Task requirements
From the records that follow, copy every line that contains the word "crate".

Available records
────────────────────

//! Comments (ISO/IEC 14882:2017 [lex.comment]).

ghost use Rattle.std.specs.Prelude.{◌≡◌, ◌<◌, ◌≤◌, ◌^◌, length, IfSome};
ghost use Rattle.life_lex.specs.Comments as spec;
ghost use Rattle.life_lex.specs.Lengths as lengths;

/// How many bytes stand before the next end of a line, or before the end of the file.
pub(crate) fn line_len(bytes: &[u8]) -> usize
    ensures value { result ≡ lengths.line_len bytes.now }
    ensures bound { result ≤ length bytes.now }
{
    bytes.iter().take_while(|b| **b != b'\n').count()
}

/// Whether a `/*` stands in front.
pub(crate) fn opens_comment(bytes: &[u8]) -> bool
    ensures { result ≡ spec.opens_comment bytes.now }
{
    bytes.starts_with(b"/*")
}

/// How many bytes stand up to the end of the first `*/`, if there is one.
fn close_len(bytes: &[u8]) -> Option<usize>
    requires { length bytes.now < 2 ^ 32 }
    ensures value { result ≡ spec.close_len bytes.now }
    ensures bound { IfSome result (λ n. n ≤ length bytes.now) }
{
    let mut rest = bytes;
    let mut len = 0;
    while let [_, tail @ ..] = rest {
        if rest.starts_with(b"*/") {
            return Some(len + 2);
        }
        len += 1;
        rest = tail;
    }
    None
}

/// Behind a `/`: how long the comment is without that, if one begins there.
pub(crate) fn comment_rest_len(bytes: &[u8]) -> Option<usize>
    requires { length bytes.now < 2 ^ 32 }
    ensures value { result ≡ spec.comment_rest_len bytes.now }
    ensures bound { IfSome result (λ n. n ≤ length bytes.now) }
{
    match bytes {
        [b'/', rest @ ..] => Some(1 + line_len(rest)),
        [b'*', rest @ ..] => close_len(rest).map(|len| 1 + len),
        _ => None,
    }
}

────────────────────

Solution below
pub(crate) fn line_len(bytes: &[u8]) -> usize
pub(crate) fn opens_comment(bytes: &[u8]) -> bool
pub(crate) fn comment_rest_len(bytes: &[u8]) -> Option<usize>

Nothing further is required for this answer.